De la même manière, le président de la République a affirmé sur la France tenait ses objectifs de réduction des émissions de gaz à effet de serre (GES). «Durant le quinquennat passé, 2017-2022, on a réduit deux fois plus vite nos émissions qu'on ne l'avait fait dans les cinq années passées», a ainsi avancé Emmanuel Macron.
Comme le souligne France Info, le dernier rapport du Haut conseil pour le climat (HCC) paru en juin 2022 juge que «la réponse de la France au réchauffement climatique progresse, mais reste insuffisante», et que les résultats mis en avant par le président tiennent en partie aux effets des confinements, qui ont limité l'activité économique et donc les émissions. De plus, selon le HCC, l'Hexagone devra procéder à un «doublement» du rythme annuel (sur la période 2022-2030) de réduction des émissions afin de se conformer aux objectifs plus élevés fixés par l'Union européenne dans ce domaine.
Interrogé sur la reprise des propositions émises par la Convention citoyenne pour le climat qu'il avait lui-même créée, Emmanuel Macron a répondu que son gouvernement avait «dit oui à 146 propositions» sur les 150 formulées par l'instance : une affirmation là aussi douteuse puisque seule une dizaine d'entre elles ont été reprises sans modification dans la loi «Climat et résilience» adoptée à l'été 2021, selon France Info, tandis que d'autres ont été «tronquées ou édulcorées, avec une réduction de leur périmètre ou un allongement des délais». Un constat qui fait écho à la note sévère (2,5 sur 10) décernée à l'exécutif par les participants à la Convention citoyenne.
Emmanuel Macron peu crédible sur l'environnement
Comme le remarque L'Opinion ce 15 novembre, Emmanuel Macron peine «à donner une vision globale de sa politique de lutte contre le réchauffement climatique» et son discours «n'imprime pas», après plusieurs déclarations qui ont pu sembler contradictoires, entre le rejet du «modèle amish» et du «retour à la lampe à huile» et la défense de la «planification écologique» pendant la campagne présidentielle, avant d'évoquer plus récemment «la fin de l'abondance» et de plaider pour la «sobriété».
De plus, aucun ministre, depuis le départ de Nicolas Hulot, «n’est parvenu [...] à incarner l’écologie», estime L'Opinion, alors que François de Rugy, Elisabeth Borne, Barbara Pompili, Amélie de Montchalin et aujourd’hui Christophe Béchu se sont succédés au ministère de l'Environnement ou de la Transition écologique.
Dès avant cet énième exercice de communication du 13 novembre, les ONG écologistes telles que Greenpeace ont qualifié le bilan d'Emmanuel Macron de «catastrophe». «L’ONU l’a consacré "champion de la terre" en 2018 pour ses discours vibrants.
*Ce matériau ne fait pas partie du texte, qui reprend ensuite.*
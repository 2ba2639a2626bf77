// (02, R-8) The acceleration stored with a state: turns an injection into a state, and checks whether the stored
// value is the rule's.

#![tactic(auto)]

pub mod inner;

ghost use Rattle.std.specs.Prelude.{◌≡◌};
ghost use Rattle.gravity_stored.specs.Injection.{injection_checks, injection_answer, or_none, launched};

use base::{END_OF_TIME, Refusal};
use state::{Injection, Setting, State, Vector, carrying};
use state_checks::common_checks;

#[tactic(auto, unfolding(crate::specs::Injection::injection_checks))]
fn injection_checks(book: &[u8], setting: Setting, i: Injection) -> Result<(), Refusal>
    ensures { result ≡ injection_checks book.now setting i }
{
    let centred = state::centre_is_allowed(setting, i.centre);
    let finite = state::injection_is_finite(i);
    common_checks(book, setting, centred, i.moment < END_OF_TIME, finite)
}

// The state with the acceleration that the rule gives it.
#[tactic(auto, using(crate::proofs::Checked::injectable), unfolding(crate::specs::Injection::injection_answer))]
pub fn inject(book: &[u8], setting: Setting, injection: Injection) -> Result<State, Refusal>
    ensures { result ≡ injection_answer book.now setting injection }
{
    injection_checks(book, setting, injection)?;
    inner::kept_at(book, setting, injection)
}

fn or_none(i: Injection, answer: Result<State, Refusal>) -> State
    ensures { result ≡ or_none i answer }
{
    match answer {
        Ok(s) => s,
        Err(k) => carrying(
            i,
            Vector {
                x: 0.0,
                y: 0.0,
                z: 0.0,
            },
        ),
    }
}

// The state of an old order, from which a run may start. If the rule gives it no acceleration, the run refuses before
// it reads one.
#[tactic(auto, unfolding(crate::specs::Injection::launched))]
pub fn launch(book: &[u8], setting: Setting, injection: Injection) -> State
    ensures { result ≡ launched book.now setting injection }
{
    let answer = inject(book, setting, injection);
    or_none(injection, answer)
}
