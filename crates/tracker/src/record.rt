// What the words of the record say, and which records are consistent.
ghost use Rattle.std.specs.Prelude.{◌≡◌};
ghost use Rattle.tracker.specs.Record.{has_arrived, state_of, both_obey, none_arrived, first_named, numbers_obey, consistent};

use crate::{AT_FIRST, AT_INTERVAL, AT_NAMED, AT_OBJECTS, OBJECTS, RECEIVED, TIMES, WORDS};
use wire::LARGEST;

// The state in a word.
pub(crate) fn state(word: u64) -> u64
    ensures { result ≡ state_of word }
{
    word / TIMES
}

// Whether a word says that its object arrived.
pub(crate) fn has_arrived(word: u64) -> bool
    ensures { result ≡ has_arrived word }
{
    RECEIVED <= word / TIMES
}

// Whether both numbers obey 5.
pub(crate) fn both_obey(m: u64, n: u64) -> bool
    ensures { result ≡ both_obey m n }
{
    if LARGEST < m {
        return false;
    }
    n <= LARGEST
}

// Whether the numbers of the 256 objects and the interval obey 5.
pub(crate) fn numbers_obey(first: u64, interval: u64) -> bool
    ensures { result ≡ numbers_obey first interval }
{
    if LARGEST < first {
        return false;
    }
    both_obey(first + 255, interval)
}

// Whether no object arrived.
fn none_arrived(tracker: &[u64; WORDS]) -> bool
    ensures { result ≡ none_arrived 256 0 tracker.now }
{
    for place in 0..OBJECTS {
        if has_arrived(tracker[AT_OBJECTS + place]) {
            return false;
        }
    }
    true
}

// Whether the first arrival named arrived, or where none is named no object did.
fn first_named(tracker: &[u64; WORDS]) -> bool
    ensures { result ≡ first_named tracker.now }
{
    let named = tracker[AT_NAMED];
    if named == 0 {
        return none_arrived(tracker);
    }
    if (OBJECTS as u64) < named {
        return false;
    }
    let at = AT_OBJECTS + (named - 1) as usize;
    has_arrived(tracker[at])
}

// Whether the record is consistent.
pub(crate) fn consistent(tracker: &[u64; WORDS]) -> bool
    ensures { result ≡ consistent tracker.now }
{
    if !numbers_obey(tracker[AT_FIRST], tracker[AT_INTERVAL]) {
        return false;
    }
    first_named(tracker)
}
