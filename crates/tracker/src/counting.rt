// What the walks over the objects gather for the summary.
ghost use Rattle.std.specs.Prelude.{◌≡◌, ◌+◌, ◌<◌, ◌≤◌};
ghost use Rattle.tracker.specs.Record.{named_of};
ghost use Rattle.tracker.specs.Status.{code_of};
ghost use Rattle.tracker.specs.Counting.{no_arrival, widened, spread_from, reach_of, loss_end, status_by, no_counts, counted_in, counts_from};

use crate::record::{has_arrived, state};
use crate::{
    AT_INTERVAL, AT_NAMED, AT_OBJECTS, Counts, ENDED_EARLY, LATE, OBJECTS, RECEIVED, Spread, TIMES,
    WORDS,
};
use entries::Status;
use wire::LARGEST;

// The spread with one more object.
fn widened(spread: Spread, word: u64, place: usize) -> Spread
    requires { place < 256 }
    ensures { result ≡ widened spread word place }
{
    if !has_arrived(word) {
        return spread;
    }
    let time = word % TIMES;
    Spread {
        top: (place as u64) + 1,
        earliest: spread.earliest.min(time),
        latest: spread.latest.max(time),
    }
}

// The highest place that arrived, the earliest and the latest arrival.
pub(crate) fn spread_of(tracker: &[u64; WORDS]) -> Spread
    ensures { (result ≡ spread_from tracker.now 256 0 no_arrival) × (result.latest < 4611686018427387904) }
{
    let mut spread = Spread {
        top: 0,
        earliest: LARGEST,
        latest: 0,
    };
    for place in 0..OBJECTS {
        spread = widened(spread, tracker[AT_OBJECTS + place], place);
    }
    spread
}

// How many whole intervals fit in the time passed with time to spare; 257, more than there are places, where the interval is 0.
fn reach(interval: u64, passed: u64) -> u64
    ensures { (result ≡ reach_of interval passed) × (result ≤ 257 + passed) }
{
    if passed == 0 {
        return 0;
    }
    if interval == 0 {
        return 257;
    }
    (passed - 1) / interval
}

// An object of which nothing is known is lost if its place is more than one below this.
pub(crate) fn loss_end(tracker: &[u64; WORDS], time: u64, top: u64) -> u64
    requires { (time < 4611686018427387904) × (named_of tracker.now ≤ 256) }
    ensures { result ≡ loss_end tracker.now time top }
{
    let named = tracker[AT_NAMED];
    if named == 0 {
        return 0;
    }
    let place = named - 1;
    let at = AT_OBJECTS + place as usize;
    let first = tracker[at] % TIMES;
    top.max(place + reach(tracker[AT_INTERVAL], time.saturating_sub(first)))
}

// The status of an object from its word and place, by the end of those lost, or that it has none.
pub(crate) fn status(word: u64, place: usize, end: u64) -> Option<Status>
    requires { place < 256 }
    ensures { code_of result ≡ status_by end word place }
{
    let known = state(word);
    if known == RECEIVED {
        return Some(Status::Received);
    }
    if known == LATE {
        return Some(Status::Late);
    }
    if known == ENDED_EARLY {
        return Some(Status::Partial);
    }
    if (place as u64) + 1 < end {
        return Some(Status::NotReceived);
    }
    None
}

// The counts with one object more.
fn counted(counts: Counts, status: Option<Status>) -> Counts
    requires { (counts.received < 1000) × ((counts.late < 1000) × ((counts.missing < 1000) × (counts.partial < 1000))) }
    ensures { result ≡ counted_in counts (code_of status) }
{
    let mut next = counts;
    match status {
        Some(Status::Received) => next.received += 1,
        Some(Status::Late) => next.late += 1,
        Some(Status::NotReceived) => next.missing += 1,
        Some(Status::Partial) => next.partial += 1,
        None => {}
    }
    next
}

// How many objects have each status, by the end of those lost.
pub(crate) fn counts_of(tracker: &[u64; WORDS], end: u64) -> Counts
    ensures { result ≡ counts_from end tracker.now 256 0 no_counts }
{
    let mut counts = Counts {
        received: 0,
        late: 0,
        missing: 0,
        partial: 0,
    };
    for place in 0..OBJECTS {
        counts = counted(counts, status(tracker[AT_OBJECTS + place], place, end));
    }
    counts
}
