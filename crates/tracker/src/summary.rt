// The summary and the entries for a given time and report interval.
ghost use Rattle.std.specs.Prelude.{◌≡◌, ◌<◌, ◌+◌, length};
ghost use Rattle.wire.specs.Refusals.{number_of};
ghost use Rattle.report.specs.Header.{empty_header};
ghost use Rattle.tracker.specs.Report.{header_of, report_answer, report_bytes};

use crate::average::{in_range, mean};
use crate::counting::{counts_of, loss_end, spread_of};
use crate::record::{both_obey, consistent};
use crate::records::put_entries;
use crate::{AT_INTERVAL, Counts, WORDS};
use entries::RECORD;
use report::{Header, Report};
use wire::Refusal;

// A refusal has the empty header.
fn refused(refusal: Refusal) -> Report
    ensures { result ≡ record { refusal = number_of refusal; header = empty_header } }
{
    Report {
        refusal: refusal.number(),
        header: report::empty_header(),
    }
}

// The header of a summary: lost are those not received and those received in part.
fn header(time: u64, interval: u64, counts: Counts, average: i64) -> Header
    requires { (counts.received < 1000) × ((counts.late < 1000) × ((counts.missing < 1000) × (counts.partial < 1000))) }
    ensures { result ≡ header_of time interval (counts.received + counts.late + (counts.missing + counts.partial)) counts.received counts.late (counts.missing + counts.partial) average }
{
    let none = [0u64; 8];
    let lost = counts.missing + counts.partial;
    let total = counts.received + counts.late + lost;
    Header {
        timestamp: time,
        interval,
        total,
        received: counts.received,
        late: counts.late,
        lost,
        average,
        metrics: 0,
        kinds: none,
        values: none,
        entries: total,
    }
}

// It answers a Report, which is the C struct of lumbixet_tracker_report and has the refusal as its number.
// Makes the entries and the summary for a time and a report interval; nothing is written on a refusal.
pub fn report(tracker: &[u64; WORDS], time: u64, interval: u64, entries: &mut [u8]) -> Report
    ensures { (result ≡ report_answer tracker.now time interval (length entries.old)) × (entries.new ≡ report_bytes tracker.now time interval entries.old) }
{
    if !consistent(tracker) {
        return refused(Refusal::Inconsistent);
    }
    if !both_obey(time, interval) {
        return refused(Refusal::TooLarge);
    }
    let spread = spread_of(tracker);
    let end = loss_end(tracker, time, spread.top);
    let counts = counts_of(tracker, end);
    let gaps = (counts.received + counts.late).saturating_sub(1);
    let average = mean(
        spread.latest.saturating_sub(spread.earliest),
        gaps,
        tracker[AT_INTERVAL],
    );
    if !in_range(average) {
        return refused(Refusal::TooLarge);
    }
    let header = header(time, interval, counts, average);
    if entries.len() / RECORD < header.total as usize {
        return refused(Refusal::NoRoom);
    }
    put_entries(entries, tracker, time, end);
    Report { refusal: 0, header }
}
Champion des promesses, c’est sûr, mais pas des actes», l'a ainsi décrit l'ONG début novembre, en dressant un bilan détaillé de l'action présidentielle. Les militants écologistes, dont une frange multiplie ces dernières semaines les actions coup de poing, s'en étaient également pris par le passé aux portraits du président de la République, en les décrochant d'une série de mairies.